▶ _EXERCISE GOAL_: Restate the whole of the data verbatim, omitting nothing.

[Stored data]
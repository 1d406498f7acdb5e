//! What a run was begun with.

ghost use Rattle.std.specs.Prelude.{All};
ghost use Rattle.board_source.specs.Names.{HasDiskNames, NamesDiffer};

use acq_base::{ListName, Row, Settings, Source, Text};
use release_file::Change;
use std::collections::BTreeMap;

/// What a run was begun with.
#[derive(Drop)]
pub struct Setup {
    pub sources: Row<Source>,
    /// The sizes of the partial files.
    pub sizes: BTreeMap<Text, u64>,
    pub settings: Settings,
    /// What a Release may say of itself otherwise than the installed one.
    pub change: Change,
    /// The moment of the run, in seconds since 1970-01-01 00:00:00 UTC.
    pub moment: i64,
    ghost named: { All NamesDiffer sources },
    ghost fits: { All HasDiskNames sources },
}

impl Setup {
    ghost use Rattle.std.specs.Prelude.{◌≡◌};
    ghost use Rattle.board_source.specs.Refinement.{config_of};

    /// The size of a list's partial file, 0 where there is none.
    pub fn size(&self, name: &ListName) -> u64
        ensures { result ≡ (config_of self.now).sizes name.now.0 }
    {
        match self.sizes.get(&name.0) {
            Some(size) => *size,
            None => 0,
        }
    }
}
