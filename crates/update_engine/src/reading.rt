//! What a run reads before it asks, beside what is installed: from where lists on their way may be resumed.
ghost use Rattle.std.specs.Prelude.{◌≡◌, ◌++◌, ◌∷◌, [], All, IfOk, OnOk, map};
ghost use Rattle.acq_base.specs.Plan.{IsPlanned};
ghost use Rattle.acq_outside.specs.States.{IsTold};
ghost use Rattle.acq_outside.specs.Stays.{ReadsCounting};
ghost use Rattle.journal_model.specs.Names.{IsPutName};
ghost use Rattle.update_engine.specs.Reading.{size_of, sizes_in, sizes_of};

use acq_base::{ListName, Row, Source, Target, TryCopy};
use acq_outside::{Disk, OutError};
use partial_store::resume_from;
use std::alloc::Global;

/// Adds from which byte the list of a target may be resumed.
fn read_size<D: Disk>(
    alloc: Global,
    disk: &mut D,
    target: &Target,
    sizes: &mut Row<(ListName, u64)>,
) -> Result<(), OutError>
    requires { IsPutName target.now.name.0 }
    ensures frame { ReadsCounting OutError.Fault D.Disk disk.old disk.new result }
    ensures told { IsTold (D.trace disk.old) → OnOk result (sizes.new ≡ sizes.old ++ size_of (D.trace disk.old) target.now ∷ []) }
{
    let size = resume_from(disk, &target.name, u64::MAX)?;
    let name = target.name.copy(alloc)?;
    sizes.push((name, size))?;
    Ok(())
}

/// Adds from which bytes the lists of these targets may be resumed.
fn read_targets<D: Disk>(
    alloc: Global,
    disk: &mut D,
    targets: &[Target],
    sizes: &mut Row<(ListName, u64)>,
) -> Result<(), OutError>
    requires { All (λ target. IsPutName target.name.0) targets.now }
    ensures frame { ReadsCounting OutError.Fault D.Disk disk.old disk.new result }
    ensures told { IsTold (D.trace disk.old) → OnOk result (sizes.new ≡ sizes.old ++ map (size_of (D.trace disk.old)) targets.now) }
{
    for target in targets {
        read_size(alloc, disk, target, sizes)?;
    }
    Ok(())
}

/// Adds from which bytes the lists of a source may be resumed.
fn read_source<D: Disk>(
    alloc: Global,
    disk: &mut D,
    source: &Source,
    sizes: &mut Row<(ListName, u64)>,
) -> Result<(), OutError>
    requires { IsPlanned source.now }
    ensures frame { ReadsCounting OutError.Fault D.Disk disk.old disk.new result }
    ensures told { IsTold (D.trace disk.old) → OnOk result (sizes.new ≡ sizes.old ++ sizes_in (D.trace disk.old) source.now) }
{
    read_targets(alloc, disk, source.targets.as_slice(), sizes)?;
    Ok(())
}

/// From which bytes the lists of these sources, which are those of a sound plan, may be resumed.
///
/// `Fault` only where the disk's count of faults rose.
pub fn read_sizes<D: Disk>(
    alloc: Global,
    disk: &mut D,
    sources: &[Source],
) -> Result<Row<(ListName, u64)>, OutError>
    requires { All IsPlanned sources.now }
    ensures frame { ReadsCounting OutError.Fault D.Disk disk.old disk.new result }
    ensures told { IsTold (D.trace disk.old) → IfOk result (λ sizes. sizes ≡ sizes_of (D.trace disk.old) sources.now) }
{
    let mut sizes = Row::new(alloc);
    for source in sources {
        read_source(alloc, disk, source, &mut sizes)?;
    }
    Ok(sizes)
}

▶ _YOUR SOLUTION_:
repository 1d406498f7acdb5e
//! What a run was begun with.

ghost use Rattle.std.specs.Prelude.{All};
ghost use Rattle.board_source.specs.Names.{HasDiskNames, NamesDiffer};

use acq_base::{ListName, Row, Settings, Source, Text};
use release_file::Change;
use std::collections::BTreeMap;

/// What a run was begun with.
#[derive(Drop)]
pub struct Setup {
    pub sources: Row<Source>,
    /// The sizes of the partial files.
    pub sizes: BTreeMap<Text, u64>,
    pub settings: Settings,
    /// What a Release may say of itself otherwise than the installed one.
    pub change: Change,
    /// The moment of the run, in seconds since 1970-01-01 00:00:00 UTC.
    pub moment: i64,
    ghost named: { All NamesDiffer sources },
    ghost fits: { All HasDiskNames sources },
}

impl Setup {
    ghost use Rattle.std.specs.Prelude.{◌≡◌};
    ghost use Rattle.board_source.specs.Refinement.{config_of};

    /// The size of a list's partial file, 0 where there is none.
    pub fn size(&self, name: &ListName) -> u64
        ensures { result ≡ (config_of self.now).sizes name.now.0 }
    {
        match self.sizes.get(&name.0) {
            Some(size) => *size,
            None => 0,
        }
    }
}
filename crates/update_engine/src/reading.rt
//! What a run reads before it asks, beside what is installed: from where lists on their way may be resumed.
ghost use Rattle.std.specs.Prelude.{◌≡◌, ◌++◌, ◌∷◌, [], All, IfOk, OnOk, map};
ghost use Rattle.acq_base.specs.Plan.{IsPlanned};
ghost use Rattle.acq_outside.specs.States.{IsTold};
ghost use Rattle.acq_outside.specs.Stays.{ReadsCounting};
ghost use Rattle.journal_model.specs.Names.{IsPutName};
ghost use Rattle.update_engine.specs.Reading.{size_of, sizes_in, sizes_of};

use acq_base::{ListName, Row, Source, Target, TryCopy};
use acq_outside::{Disk, OutError};
use partial_store::resume_from;
use std::alloc::Global;

/// Adds from which byte the list of a target may be resumed.
fn read_size<D: Disk>(
    alloc: Global,
    disk: &mut D,
    target: &Target,
    sizes: &mut Row<(ListName, u64)>,
) -> Result<(), OutError>
    requires { IsPutName target.now.name.0 }
    ensures frame { ReadsCounting OutError.Fault D.Disk disk.old disk.new result }
    ensures told { IsTold (D.trace disk.old) → OnOk result (sizes.new ≡ sizes.old ++ size_of (D.trace disk.old) target.now ∷ []) }
{
    let size = resume_from(disk, &target.name, u64::MAX)?;
    let name = target.name.copy(alloc)?;
    sizes.push((name, size))?;
    Ok(())
}

/// Adds from which bytes the lists of these targets may be resumed.
fn read_targets<D: Disk>(
    alloc: Global,
    disk: &mut D,
    targets: &[Target],
    sizes: &mut Row<(ListName, u64)>,
) -> Result<(), OutError>
    requires { All (λ target. IsPutName target.name.0) targets.now }
    ensures frame { ReadsCounting OutError.Fault D.Disk disk.old disk.new result }
    ensures told { IsTold (D.trace disk.old) → OnOk result (sizes.new ≡ sizes.old ++ map (size_of (D.trace disk.old)) targets.now) }
{
    for target in targets {
        read_size(alloc, disk, target, sizes)?;
    }
    Ok(())
}

/// Adds from which bytes the lists of a source may be resumed.
fn read_source<D: Disk>(
    alloc: Global,
    disk: &mut D,
    source: &Source,
    sizes: &mut Row<(ListName, u64)>,
) -> Result<(), OutError>
    requires { IsPlanned source.now }
    ensures frame { ReadsCounting OutError.Fault D.Disk disk.old disk.new result }
    ensures told { IsTold (D.trace disk.old) → OnOk result (sizes.new ≡ sizes.old ++ sizes_in (D.trace disk.old) source.now) }
{
    read_targets(alloc, disk, source.targets.as_slice(), sizes)?;
    Ok(())
}

/// From which bytes the lists of these sources, which are those of a sound plan, may be resumed.
///
/// `Fault` only where the disk's count of faults rose.
pub fn read_sizes<D: Disk>(
    alloc: Global,
    disk: &mut D,
    sources: &[Source],
) -> Result<Row<(ListName, u64)>, OutError>
    requires { All IsPlanned sources.now }
    ensures frame { ReadsCounting OutError.Fault D.Disk disk.old disk.new result }
    ensures told { IsTold (D.trace disk.old) → IfOk result (λ sizes. sizes ≡ sizes_of (D.trace disk.old) sources.now) }
{
    let mut sizes = Row::new(alloc);
    for source in sources {
        read_source(alloc, disk, source, &mut sizes)?;
    }
    Ok(sizes)
}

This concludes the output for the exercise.